Philippe a rougi.   J’ai failli regretter d’avoir provoqué cette rencontre; il avait vraiment l’air d’aller mal.   Mais oncle André est psychologue, il a fait semblant de rien et a attendu que Philippe se calme.

— Tu sais, a-t-il dit doucement, il n’y a pas de mal à te sentir bouleversé.   Je suis passé par là, je sais ce que c’est.

— Et vous vous en êtes sorti ? a soudain demandé Philippe.   Vous arrivez à être heureux ?

— Je me sens en tout cas heureux de mes choix et je crois que je vis de manière assez équilibrée, a calmement répondu oncle André.

Philippe nous a observés l’un et l’autre, tour à tour.

— Évidemment, vous, votre famille vous comprenait, acceptait votre différence…

Mon oncle a éclaté d’un bon rire franc.

— Excuse-moi, Philippe !   Je ne me moque pas de toi ! Si tu savais ce que j’ai pu en baver !   À l’époque, l’homosexualité était encore moins bien considérée qu’actuellement et, pour les grands-parents d’Elsa, découvrir que leur fils avait choisi ce camp-là était la pire de toutes les hontes.   Ils ont souffert autant que moi !    Pour d’autres raisons, bien entendu.   Lors d’une dispute à mon propos, j’ai entendu mon père dire à ma mère qu’il aurait préféré mourir à la guerre plutôt que de donner naissance à un être comme moi.   Tu imagines le bonheur ?!

— Et vous avez fait comment pour en sortir ?

— J’ai ramé.   Je suis passé par tous les états, Philippe.    Je ne comprenais pas ce qui m’arrivait et, surtout, je ne l’acceptais pas.   Mes parents m’ont rejeté d’abord.   Ensuite, ils ont décidé de me guérir de ce qu’ils appelaient ma «maladie».   Ma mère m’a emmené consulter plusieurs spécialistes, des psychologues, des psychiatres.   Je n’en pouvais plus.   J’ai craqué.   J’ai cessé étudier correctement, j’ai séché les cours et la situation s’est encore aggravée.   Elsa m’a parlé de votre ami Loïc et, honnêtement, je t’avoue que j’ai aussi songé à en finir.   Je n’en serais sans doute pas sorti sans l’aide d’une des psychologues chez qui ma mère m’a conduit.   La première à m’écouter, à ne pas parler de me guérir, à être simplement là sans me juger; tu ne peux pas t’imaginer le bien que ça m’a fait !   Elle ne me demandait pas de changer, elle m’aidait à être moi, à m’accepter et à m’assumer dans ma différence.

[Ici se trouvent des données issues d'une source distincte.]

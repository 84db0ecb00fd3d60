//! Patterns and their matchers. A pattern that is a choice of few texts, such as `net::tcp` or `unix|windows`, needs no
//! regex: the texts are searched for. A pattern whose matches all have a known place is compiled to one DFA. Any other
//! pattern has a `Regex`.
ghost use Rattle.std.specs.Prelude.{◌≡◌, ◌≢◌, ◌↔◌, [], ◌∷◌, All, IsTrue, IsUtf8, IfErr, IfOk, IfSome, List, ℕ, OnOk, map, string_bytes};
ghost use Rattle.regex.specs.declared.error.Error.TheVariants as regex;
ghost use Rattle.regex_hir.specs.Meaning.{meaning};
ghost use Rattle.filterset_matchers.specs.Compiled.{IsCompiledOf, IsPlaceOf, IsReadAs};
ghost use Rattle.filterset_matchers.specs.Pattern.{IsPattern, IsPlain, IsSmall, IsErrorFor, IsUnreadOrLarge, MayBeRejected, HasMatch, IsBuiltOf, HasOneOf, IsChoice, IsSearchedFor, count_byte};
ghost use Rattle.filterset_matchers.specs.declared.matcher.pattern.PatternRefusal.TheVariants as refusal;

use crate::matcher::compiled::{Compiled, CompiledMatcher, LEAST_LITERAL, Place, place_of};
use crate::matcher::plain::{is_special, unescape};
use crate::matcher::substring;
use regex::{Matcher, Regex};
use regex_extract::exact_literals;
use regex_hir::Hir;
use regex_syntax::{Config, ErrorKind, Parsed};
use std::alloc::{AllocError, Global};
use std::fmt;
use std::marker::Model;

/// The reason why a text is not a pattern.
#[derive(Debug, Drop)]
pub enum PatternRefusal {
    /// The grammar of `regex` does not read the text, or it does and the compiled pattern would be too large.
    /// [`PatternRegex::is_pattern`] tells which.
    NotBuilt,
    /// Out of memory.
    OutOfMemory(AllocError),
}

impl From<AllocError> for PatternRefusal {
    ghost use Rattle.filterset_matchers.specs.declared.matcher.pattern.PatternRefusal.TheVariants.{OutOfMemory};

    ghost from_gives = { λ failed refused. refused ≡ OutOfMemory failed };

    fn from(failed: AllocError) -> PatternRefusal {
        PatternRefusal::OutOfMemory(failed)
    }
}

/// The most texts that are searched for one by one.
const MAX_TEXTS: usize = 4;

/// The most bytes of a small pattern.
const MAX_SMALL_BYTES: usize = 1024;

/// The most backslashes of a small pattern.
const MAX_SMALL_ESCAPES: usize = 64;

/// The way to search for a pattern.
#[derive(Debug, Drop)]
enum Searched {
    /// The pattern is a choice of these texts.
    Texts(Vec<String>),
    /// The compiled pattern, whose matches have a known place. This and a `Regex` are large, and boxed because a function
    /// zeroes its locals on entry.
    Compiled(Box<Compiled>),
    /// The regex of the pattern.
    Regex(Box<Regex>),
}

/// A pattern: its text, and the way to search for it. Contracts see the text.
#[derive(Debug)]
pub struct PatternRegex {
    pattern: String,
    searched: Searched,
}
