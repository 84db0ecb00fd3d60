//! Patterns whose matches are all at the start of a text, all at its end, or all in texts that contain some literal. The
//! parts of `regex` compile them, within the limits of `Regex::new`, and one DFA searches for them. A `Regex` would choose
//! among more ways to search, which costs more than it saves on names of tests.
ghost use Rattle.std.specs.Prelude.{◌≡◌, ◌↔◌, List, ℕ, IfOk, IfSome, IsTrue, vec_len};
ghost use Rattle.regex_hir.specs.Meaning.{meaning};
ghost use Rattle.filterset_matchers.specs.Compiled.{HasLiteral, IsCompiledOf, IsPlaceOf, IsReadAs, WalksBy, told_by_end, told_by_start};

use crate::matcher::substring;
use regex_compile::compile;
use regex_dfa::{Dfa, End, Forward, Reverse, Start};
use regex_extract::{is_anchored_end, is_anchored_start};
use regex_hir::Hir;
use regex_vm::PikeVm;
use std::alloc::{AllocError, Global};
use std::fmt;

/// The limit on the bytes of a compiled pattern, which is that of a `Regex`.
const SIZE_LIMIT: usize = 10 << 20;

/// The least length of a literal, in bytes. Too many texts contain a shorter one.
pub(super) const LEAST_LITERAL: usize = 3;

/// The place of all matches of a pattern.
#[derive(Debug, Drop)]
pub(super) enum Place {
    /// At the start of the text.
    Start,
    /// At the end of the text.
    End,
    /// In a text that contains this literal.
    Literal(String),
}

/// Returns the place of all matches of the tree, if it finds one. The only error is out of memory.
///
/// For a tree that may match the empty text it finds only the start, since such a match may split a character.
pub(super) fn place_of(alloc: Global, tree: &Hir) -> Result<Option<Place>, AllocError>
    ensures { IfOk result (λ found. IfSome found (IsPlaceOf (meaning tree.now))) }
{
    if is_anchored_start(tree) {
        return Ok(Some(Place::Start));
    }
    if tree.min_len() == 0 {
        return Ok(None);
    }
    if is_anchored_end(tree) {
        return Ok(Some(Place::End));
    }
    match find_first_literal(tree) {
        Some(literal) if literal.len() >= LEAST_LITERAL => {
            let literal = String::from_str(alloc, literal)?;
            Ok(Some(Place::Literal(literal)))
        }
        _ => Ok(None),
    }
}

/// Returns the literal that the tree begins with, if it is a sequence that begins with one.
fn find_first_literal(tree: &Hir) -> Option<&str>
    ensures { IfSome result (λ literal. HasLiteral (meaning tree.now) literal.now) }
{
    let Hir::Concat(parts) = tree else {
        return None;
    };
    if parts.is_empty() {
        return None;
    }
    match &parts[0] {
        Hir::Literal(bytes) => str::from_utf8(bytes).ok(),
        _ => None,
    }
}

/// A compiled pattern, and the place of its matches.
#[derive(Drop)]
pub(super) struct Compiled {
    dfa: Dfa,
    place: Place,
}

impl Compiled {
    /// Compiles the tree of a pattern with so many groups, counting the whole pattern. It is an error if the result is
    /// too large, or out of memory.
    pub(super) fn new(
        alloc: Global,
        tree: &Hir,
        groups: u32,
        place: Place,
    ) -> Result<Compiled, regex_compile::Error>
        ensures { IfOk result (λ compiled. IsPlaceOf (meaning tree.now) place → (pattern : List ℕ) → IsReadAs pattern tree.now
            → IsCompiledOf pattern compiled) }
    {
        let nfa = compile(alloc, tree, groups, SIZE_LIMIT)?;
        let dfa = Dfa::new(alloc, nfa)?;
        Ok(Compiled { dfa, place })
    }

    /// Returns a matcher for the pattern. The only error is out of memory.
    pub(super) fn matcher(&self, alloc: Global) -> Result<CompiledMatcher<'_>, AllocError>
        ensures { IfOk result (λ matcher. matcher.compiled.now ≡ self.now) }
    {
        let walk = match self.place {
            Place::End => Walk::Backward(Reverse::new(alloc, &self.dfa)?),
            Place::Start | Place::Literal(_) => {
                Walk::Forward(Forward::new(alloc, &self.dfa, false)?)
            }
        };
        Ok(CompiledMatcher {
            compiled: self,
            walk,
            stepwise: PikeVm::new(alloc, &self.dfa.nfa)?,
        })
    }
}

impl fmt::Debug for Compiled {
    fn fmt<W: fmt::Write>(&self, f: &mut fmt::Formatter<W>) -> fmt::Result {
        write!(f, "Compiled({:?})", self.place)
    }
}

/// A walk of the DFA over a text. The states of the DFA are made when the walk comes to them.
#[derive(Drop)]
enum Walk {
    /// From the start of a text.
    Forward(Forward),
    /// From the end of a text.
    Backward(Reverse),
}

/// A matcher for a compiled pattern.
#[derive(Drop)]
pub(super) struct CompiledMatcher<'p> {
    pub(super) compiled: &'p Compiled,
    walk: Walk,
    /// Searches if the DFA gives up, because it has too many states.
    stepwise: PikeVm,
    ghost walks: { WalksBy walk compiled.now.dfa },
    ghost states: { stepwise.states ≡ vec_len compiled.now.dfa.nfa.states },
}

impl CompiledMatcher<'_> {
    ghost use Rattle.filterset_matchers.specs.Pattern.{HasMatch};

    /// Returns whether the pattern has a match in the input.
    pub(super) fn is_match(&mut self, input: &str) -> bool
        ensures found { (pattern : List ℕ) → IsCompiledOf pattern self.old.compiled.now
            → IsTrue result ↔ HasMatch pattern input.now }
        ensures same { self.new.compiled.now ≡ self.old.compiled.now }
    {
        if let Place::Literal(literal) = &self.compiled.place {
            if !substring::contains(input, literal.as_str()) {
                return false;
            }
        }
        match self.walk(input) {
            Some(found) => found,
            None => self.search_stepwise(input),
        }
    }

    /// Walks the DFA over the input. Returns whether the pattern has a match, or `None` if the DFA gives up.
    fn walk(&mut self, input: &str) -> Option<bool>
        ensures found { IfSome result (λ found. (pattern : List ℕ) → IsCompiledOf pattern self.old.compiled.now
            → IsTrue found ↔ HasMatch pattern input.now) }
        ensures same { self.new.compiled.now ≡ self.old.compiled.now }
    {
        let text = input.as_bytes();
        let dfa = &self.compiled.dfa;
        match (&self.compiled.place, &mut self.walk) {
            (Place::End, Walk::Backward(reverse)) => {
                answer_of_start(reverse.find_start(dfa, text, 0, text.len()))
            }
            (Place::Start, Walk::Forward(forward)) => {
                answer_of_end(forward.find_end(dfa, text, 0, text.len(), true, true))
            }
            (Place::Literal(_), Walk::Forward(forward)) => {
                answer_of_end(forward.find_end(dfa, text, 0, text.len(), false, true))
            }
            _ => None,
        }
    }

    /// Returns whether the pattern has a match in the input, by the NFA.
    #[cold]
    #[inline(never)]
    fn search_stepwise(&mut self, input: &str) -> bool
        ensures found { (pattern : List ℕ) → IsCompiledOf pattern self.old.compiled.now
            → IsTrue result ↔ HasMatch pattern input.now }
        ensures same { self.new.compiled.now ≡ self.old.compiled.now }
    {
        let text = input.as_bytes();
        let nfa = &self.compiled.dfa.nfa;
        self.stepwise.is_match(nfa, text, 0, text.len(), text.len())
    }
}

/// Returns whether a search for the end of a match found one, or `None` if it gave up.
fn answer_of_end(end: End) -> Option<bool>
    ensures { result ≡ told_by_end end }
{
    match end {
        End::At(_) => Some(true),
        End::NoMatch => Some(false),
        End::Idle(_) | End::GaveUp => None,
    }
}

/// Returns whether a search for the start of a match found one, or `None` if it gave up.
fn answer_of_start(start: Start) -> Option<bool>
    ensures { result ≡ told_by_start start }
{
    match start {
        Start::At(_) => Some(true),
        Start::NoMatch => Some(false),
        Start::GaveUp => None,
    }
}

— Ça existe des gens comme ça ?

— Plus que tu ne le crois, Philippe.   Prendre conscience que je n’avais pas à me sentir coupable d’être homosexuel a été une révélation : ce n’était pas une maladie honteuse comme mes parents le croyaient.   Ce n’était même pas un choix que j’avais fait consciemment; c’était un fait que je ne maîtrisais pas, comme être blond ou avoir les yeux bruns.   Il fallait que je l’accepte et que j’apprenne à vivre avec lui, même si, dans le monde des autres, j’étais définitivement minoritaire.

Au fur et à mesure de la conversation, je remarquais que Philippe se détendait.   Il se laissait aller dans le fauteuil et, à un moment, il a même réussi à sourire.   Ils ont parlé longtemps encore, visiblement étrangers à ma présence.   À un moment, j’ai toussoté, leur ai dit qu’il vaudrait peut-être mieux que je les laisse seuls mais, à l’instant où je me levais discrètement pour quitter la pièce, Philippe m’a retenue par la main en murmurant:

— Reste, Elsa, reste.   Sans toi, je n’en serais pas là, sans toi, je serais dans le noir.   Tu es un cadeau dans ma vie, Elsa, un véritable cadeau.   Je t’aime.